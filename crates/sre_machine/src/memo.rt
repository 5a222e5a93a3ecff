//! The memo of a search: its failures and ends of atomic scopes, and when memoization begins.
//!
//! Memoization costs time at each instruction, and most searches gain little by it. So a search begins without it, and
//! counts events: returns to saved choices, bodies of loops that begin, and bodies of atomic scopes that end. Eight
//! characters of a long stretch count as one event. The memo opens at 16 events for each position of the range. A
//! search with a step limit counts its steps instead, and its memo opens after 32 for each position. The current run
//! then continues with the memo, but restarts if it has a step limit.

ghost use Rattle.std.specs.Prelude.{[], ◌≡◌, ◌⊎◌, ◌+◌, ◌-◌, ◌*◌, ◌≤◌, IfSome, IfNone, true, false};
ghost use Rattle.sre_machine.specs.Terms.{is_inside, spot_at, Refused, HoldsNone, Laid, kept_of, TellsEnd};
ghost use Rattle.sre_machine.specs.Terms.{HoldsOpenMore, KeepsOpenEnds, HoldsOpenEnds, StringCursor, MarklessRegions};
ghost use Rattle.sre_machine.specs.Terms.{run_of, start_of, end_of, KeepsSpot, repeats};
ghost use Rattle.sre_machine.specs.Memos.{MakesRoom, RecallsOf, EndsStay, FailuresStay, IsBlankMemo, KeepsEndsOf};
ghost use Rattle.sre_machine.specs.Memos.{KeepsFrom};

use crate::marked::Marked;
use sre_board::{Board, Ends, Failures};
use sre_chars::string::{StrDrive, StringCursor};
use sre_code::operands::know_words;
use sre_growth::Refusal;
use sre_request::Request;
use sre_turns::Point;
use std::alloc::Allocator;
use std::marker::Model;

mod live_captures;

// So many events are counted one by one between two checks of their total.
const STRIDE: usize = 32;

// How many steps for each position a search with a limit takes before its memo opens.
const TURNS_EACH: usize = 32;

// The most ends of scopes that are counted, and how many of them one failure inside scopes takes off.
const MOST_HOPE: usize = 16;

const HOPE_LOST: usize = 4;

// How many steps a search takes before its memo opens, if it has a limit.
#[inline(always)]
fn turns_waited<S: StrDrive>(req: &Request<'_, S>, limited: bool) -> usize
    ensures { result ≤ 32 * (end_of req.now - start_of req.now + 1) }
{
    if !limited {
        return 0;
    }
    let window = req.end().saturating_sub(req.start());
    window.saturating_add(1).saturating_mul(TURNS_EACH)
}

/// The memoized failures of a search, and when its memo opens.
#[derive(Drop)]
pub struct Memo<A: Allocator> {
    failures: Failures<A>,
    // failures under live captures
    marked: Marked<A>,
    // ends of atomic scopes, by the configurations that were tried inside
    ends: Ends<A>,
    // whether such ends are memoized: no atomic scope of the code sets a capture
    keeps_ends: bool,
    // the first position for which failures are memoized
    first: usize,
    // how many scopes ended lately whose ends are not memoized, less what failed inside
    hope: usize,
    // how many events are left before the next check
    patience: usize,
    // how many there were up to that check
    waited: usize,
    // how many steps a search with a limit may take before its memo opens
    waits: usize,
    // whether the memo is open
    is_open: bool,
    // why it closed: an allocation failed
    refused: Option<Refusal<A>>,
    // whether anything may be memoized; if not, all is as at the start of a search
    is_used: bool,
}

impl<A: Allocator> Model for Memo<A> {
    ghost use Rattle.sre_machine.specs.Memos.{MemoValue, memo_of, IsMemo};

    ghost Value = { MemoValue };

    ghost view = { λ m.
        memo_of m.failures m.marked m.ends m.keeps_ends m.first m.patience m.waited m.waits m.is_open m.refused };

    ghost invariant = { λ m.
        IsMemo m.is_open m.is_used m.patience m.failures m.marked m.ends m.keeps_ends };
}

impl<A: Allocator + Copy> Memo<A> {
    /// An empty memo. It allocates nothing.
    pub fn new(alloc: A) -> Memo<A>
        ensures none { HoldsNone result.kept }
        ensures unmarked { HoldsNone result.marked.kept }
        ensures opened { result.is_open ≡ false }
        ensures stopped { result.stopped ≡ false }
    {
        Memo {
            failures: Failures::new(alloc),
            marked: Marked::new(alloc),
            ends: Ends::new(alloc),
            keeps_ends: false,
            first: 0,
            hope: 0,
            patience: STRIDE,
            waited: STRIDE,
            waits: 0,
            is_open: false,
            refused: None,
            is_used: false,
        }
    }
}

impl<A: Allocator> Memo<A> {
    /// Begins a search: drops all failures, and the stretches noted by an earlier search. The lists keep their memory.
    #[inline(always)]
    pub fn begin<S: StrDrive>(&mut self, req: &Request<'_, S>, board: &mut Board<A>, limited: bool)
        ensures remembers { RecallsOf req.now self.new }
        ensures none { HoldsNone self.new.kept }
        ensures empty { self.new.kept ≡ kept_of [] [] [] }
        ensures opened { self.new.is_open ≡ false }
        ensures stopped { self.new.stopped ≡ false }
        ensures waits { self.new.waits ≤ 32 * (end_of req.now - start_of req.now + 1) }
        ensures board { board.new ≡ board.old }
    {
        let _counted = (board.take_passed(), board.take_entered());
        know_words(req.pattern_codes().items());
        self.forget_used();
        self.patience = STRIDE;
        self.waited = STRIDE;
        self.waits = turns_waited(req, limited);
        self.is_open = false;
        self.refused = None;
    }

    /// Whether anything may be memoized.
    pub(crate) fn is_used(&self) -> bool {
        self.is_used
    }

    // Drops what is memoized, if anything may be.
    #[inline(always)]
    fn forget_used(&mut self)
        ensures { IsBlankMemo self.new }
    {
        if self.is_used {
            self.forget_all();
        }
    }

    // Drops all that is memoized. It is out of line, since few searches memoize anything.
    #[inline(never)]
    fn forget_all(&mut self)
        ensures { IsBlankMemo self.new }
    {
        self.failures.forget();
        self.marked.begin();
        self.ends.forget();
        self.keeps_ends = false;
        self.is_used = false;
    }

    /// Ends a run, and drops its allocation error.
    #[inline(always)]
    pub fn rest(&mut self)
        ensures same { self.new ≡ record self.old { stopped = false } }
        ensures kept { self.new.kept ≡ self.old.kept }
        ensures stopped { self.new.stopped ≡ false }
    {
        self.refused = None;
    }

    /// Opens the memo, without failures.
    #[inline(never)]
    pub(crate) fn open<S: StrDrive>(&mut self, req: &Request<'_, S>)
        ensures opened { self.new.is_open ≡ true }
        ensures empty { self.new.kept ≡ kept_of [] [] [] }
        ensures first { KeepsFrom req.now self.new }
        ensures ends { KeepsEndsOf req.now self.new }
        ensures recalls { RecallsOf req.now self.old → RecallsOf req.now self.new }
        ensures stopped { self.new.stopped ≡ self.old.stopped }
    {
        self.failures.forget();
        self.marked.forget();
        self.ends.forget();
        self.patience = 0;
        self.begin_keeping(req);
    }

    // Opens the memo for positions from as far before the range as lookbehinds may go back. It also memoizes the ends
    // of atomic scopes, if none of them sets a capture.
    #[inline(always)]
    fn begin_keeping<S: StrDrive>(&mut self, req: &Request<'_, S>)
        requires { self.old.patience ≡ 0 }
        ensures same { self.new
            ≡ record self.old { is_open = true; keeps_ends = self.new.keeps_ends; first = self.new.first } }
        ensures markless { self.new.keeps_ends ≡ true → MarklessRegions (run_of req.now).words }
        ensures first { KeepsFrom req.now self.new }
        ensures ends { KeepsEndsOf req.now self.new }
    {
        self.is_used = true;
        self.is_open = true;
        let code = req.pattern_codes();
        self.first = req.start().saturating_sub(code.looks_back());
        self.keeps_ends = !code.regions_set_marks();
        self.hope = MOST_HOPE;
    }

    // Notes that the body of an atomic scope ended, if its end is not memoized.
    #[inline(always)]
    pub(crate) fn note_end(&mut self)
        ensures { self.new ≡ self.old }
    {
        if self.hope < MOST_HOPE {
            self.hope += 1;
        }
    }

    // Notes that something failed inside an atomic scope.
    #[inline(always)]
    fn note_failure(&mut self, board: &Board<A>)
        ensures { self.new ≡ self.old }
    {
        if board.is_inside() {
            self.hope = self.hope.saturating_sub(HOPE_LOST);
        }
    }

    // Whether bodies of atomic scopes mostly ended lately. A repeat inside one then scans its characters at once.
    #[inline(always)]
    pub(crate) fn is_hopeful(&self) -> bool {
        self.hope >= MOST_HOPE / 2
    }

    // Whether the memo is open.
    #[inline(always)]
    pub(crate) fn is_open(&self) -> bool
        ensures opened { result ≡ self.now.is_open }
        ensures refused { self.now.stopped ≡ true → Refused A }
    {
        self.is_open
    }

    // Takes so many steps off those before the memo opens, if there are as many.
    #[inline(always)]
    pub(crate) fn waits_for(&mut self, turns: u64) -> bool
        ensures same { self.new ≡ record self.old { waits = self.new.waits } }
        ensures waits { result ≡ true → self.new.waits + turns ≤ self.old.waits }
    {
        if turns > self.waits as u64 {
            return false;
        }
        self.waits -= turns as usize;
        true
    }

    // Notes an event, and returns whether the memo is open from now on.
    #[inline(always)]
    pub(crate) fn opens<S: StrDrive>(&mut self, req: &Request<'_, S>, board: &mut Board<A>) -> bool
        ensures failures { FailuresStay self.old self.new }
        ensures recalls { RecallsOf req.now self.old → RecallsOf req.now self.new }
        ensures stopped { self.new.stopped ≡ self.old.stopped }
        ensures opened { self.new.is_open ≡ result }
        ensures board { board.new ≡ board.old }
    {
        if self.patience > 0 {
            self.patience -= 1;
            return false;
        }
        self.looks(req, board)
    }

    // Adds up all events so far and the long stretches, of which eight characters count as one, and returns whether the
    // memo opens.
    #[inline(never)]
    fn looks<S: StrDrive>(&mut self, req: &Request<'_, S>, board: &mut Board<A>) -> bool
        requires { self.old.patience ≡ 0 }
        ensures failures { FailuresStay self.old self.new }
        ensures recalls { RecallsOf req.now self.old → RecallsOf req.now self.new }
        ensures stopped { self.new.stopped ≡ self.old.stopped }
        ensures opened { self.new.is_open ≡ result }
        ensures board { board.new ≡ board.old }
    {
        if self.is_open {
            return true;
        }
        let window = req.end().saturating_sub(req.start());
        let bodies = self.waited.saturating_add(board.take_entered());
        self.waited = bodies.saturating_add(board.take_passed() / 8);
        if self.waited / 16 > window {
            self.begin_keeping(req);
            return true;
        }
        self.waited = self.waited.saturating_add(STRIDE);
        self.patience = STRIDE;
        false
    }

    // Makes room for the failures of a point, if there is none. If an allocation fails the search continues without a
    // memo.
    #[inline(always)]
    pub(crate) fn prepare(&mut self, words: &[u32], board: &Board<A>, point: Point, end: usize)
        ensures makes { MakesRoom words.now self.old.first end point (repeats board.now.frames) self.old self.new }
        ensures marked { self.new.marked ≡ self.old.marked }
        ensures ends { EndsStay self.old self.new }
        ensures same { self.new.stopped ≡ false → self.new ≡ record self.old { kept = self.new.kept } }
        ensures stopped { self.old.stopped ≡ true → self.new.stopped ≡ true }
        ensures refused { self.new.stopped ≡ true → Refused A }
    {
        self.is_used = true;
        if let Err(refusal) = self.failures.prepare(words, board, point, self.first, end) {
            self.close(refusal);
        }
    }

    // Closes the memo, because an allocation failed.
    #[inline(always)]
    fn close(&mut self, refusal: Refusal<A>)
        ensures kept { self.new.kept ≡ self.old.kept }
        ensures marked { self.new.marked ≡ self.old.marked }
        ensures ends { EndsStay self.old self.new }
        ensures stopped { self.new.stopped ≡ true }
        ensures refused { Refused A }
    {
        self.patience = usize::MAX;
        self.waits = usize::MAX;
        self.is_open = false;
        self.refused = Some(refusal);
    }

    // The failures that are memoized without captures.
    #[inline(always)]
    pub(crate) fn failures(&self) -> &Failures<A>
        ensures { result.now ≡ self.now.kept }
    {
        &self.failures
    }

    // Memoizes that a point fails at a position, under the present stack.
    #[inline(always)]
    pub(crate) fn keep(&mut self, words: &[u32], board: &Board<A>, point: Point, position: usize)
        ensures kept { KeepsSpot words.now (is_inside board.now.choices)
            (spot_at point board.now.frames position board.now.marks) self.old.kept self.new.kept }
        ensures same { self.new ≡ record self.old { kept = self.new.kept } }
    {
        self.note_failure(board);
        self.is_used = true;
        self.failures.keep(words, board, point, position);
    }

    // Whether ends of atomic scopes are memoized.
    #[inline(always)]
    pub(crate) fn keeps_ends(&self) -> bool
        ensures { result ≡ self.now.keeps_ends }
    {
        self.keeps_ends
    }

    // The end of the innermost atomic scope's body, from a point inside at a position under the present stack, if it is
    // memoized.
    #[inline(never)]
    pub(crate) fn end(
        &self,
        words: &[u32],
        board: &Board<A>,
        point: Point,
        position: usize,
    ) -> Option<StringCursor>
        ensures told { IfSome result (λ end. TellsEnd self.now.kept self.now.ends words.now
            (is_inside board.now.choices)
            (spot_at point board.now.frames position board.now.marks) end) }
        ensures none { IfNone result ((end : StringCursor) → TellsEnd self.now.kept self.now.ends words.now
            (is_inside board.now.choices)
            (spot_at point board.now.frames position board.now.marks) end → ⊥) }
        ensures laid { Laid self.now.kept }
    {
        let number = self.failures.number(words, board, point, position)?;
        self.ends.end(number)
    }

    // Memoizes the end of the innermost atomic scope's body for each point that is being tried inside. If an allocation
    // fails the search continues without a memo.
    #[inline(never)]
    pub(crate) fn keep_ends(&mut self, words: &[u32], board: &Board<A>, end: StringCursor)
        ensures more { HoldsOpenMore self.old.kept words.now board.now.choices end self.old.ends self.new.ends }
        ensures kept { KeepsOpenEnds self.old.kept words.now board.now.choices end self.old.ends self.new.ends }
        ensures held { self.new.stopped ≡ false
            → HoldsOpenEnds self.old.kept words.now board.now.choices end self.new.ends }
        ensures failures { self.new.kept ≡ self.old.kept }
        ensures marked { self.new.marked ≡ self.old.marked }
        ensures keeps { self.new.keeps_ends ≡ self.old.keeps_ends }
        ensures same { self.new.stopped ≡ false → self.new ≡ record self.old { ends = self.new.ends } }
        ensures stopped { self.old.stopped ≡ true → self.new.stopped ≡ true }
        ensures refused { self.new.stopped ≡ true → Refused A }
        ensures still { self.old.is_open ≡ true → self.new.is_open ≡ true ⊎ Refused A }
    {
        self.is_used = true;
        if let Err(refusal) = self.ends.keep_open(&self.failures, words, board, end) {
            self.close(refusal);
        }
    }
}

* _Problem requirements_
Give again only the lines starting at the one that contains "HoldsOpenEnds self.old.kept words.now" and running to the end of the data.

* _Written answer_
            → HoldsOpenEnds self.old.kept words.now board.now.choices end self.new.ends }
        ensures failures { self.new.kept ≡ self.old.kept }
        ensures marked { self.new.marked ≡ self.old.marked }
        ensures keeps { self.new.keeps_ends ≡ self.old.keeps_ends }
        ensures same { self.new.stopped ≡ false → self.new ≡ record self.old { ends = self.new.ends } }
        ensures stopped { self.old.stopped ≡ true → self.new.stopped ≡ true }
        ensures refused { self.new.stopped ≡ true → Refused A }
        ensures still { self.old.is_open ≡ true → self.new.is_open ≡ true ⊎ Refused A }
    {
        self.is_used = true;
        if let Err(refusal) = self.ends.keep_open(&self.failures, words, board, end) {
            self.close(refusal);
        }
    }
}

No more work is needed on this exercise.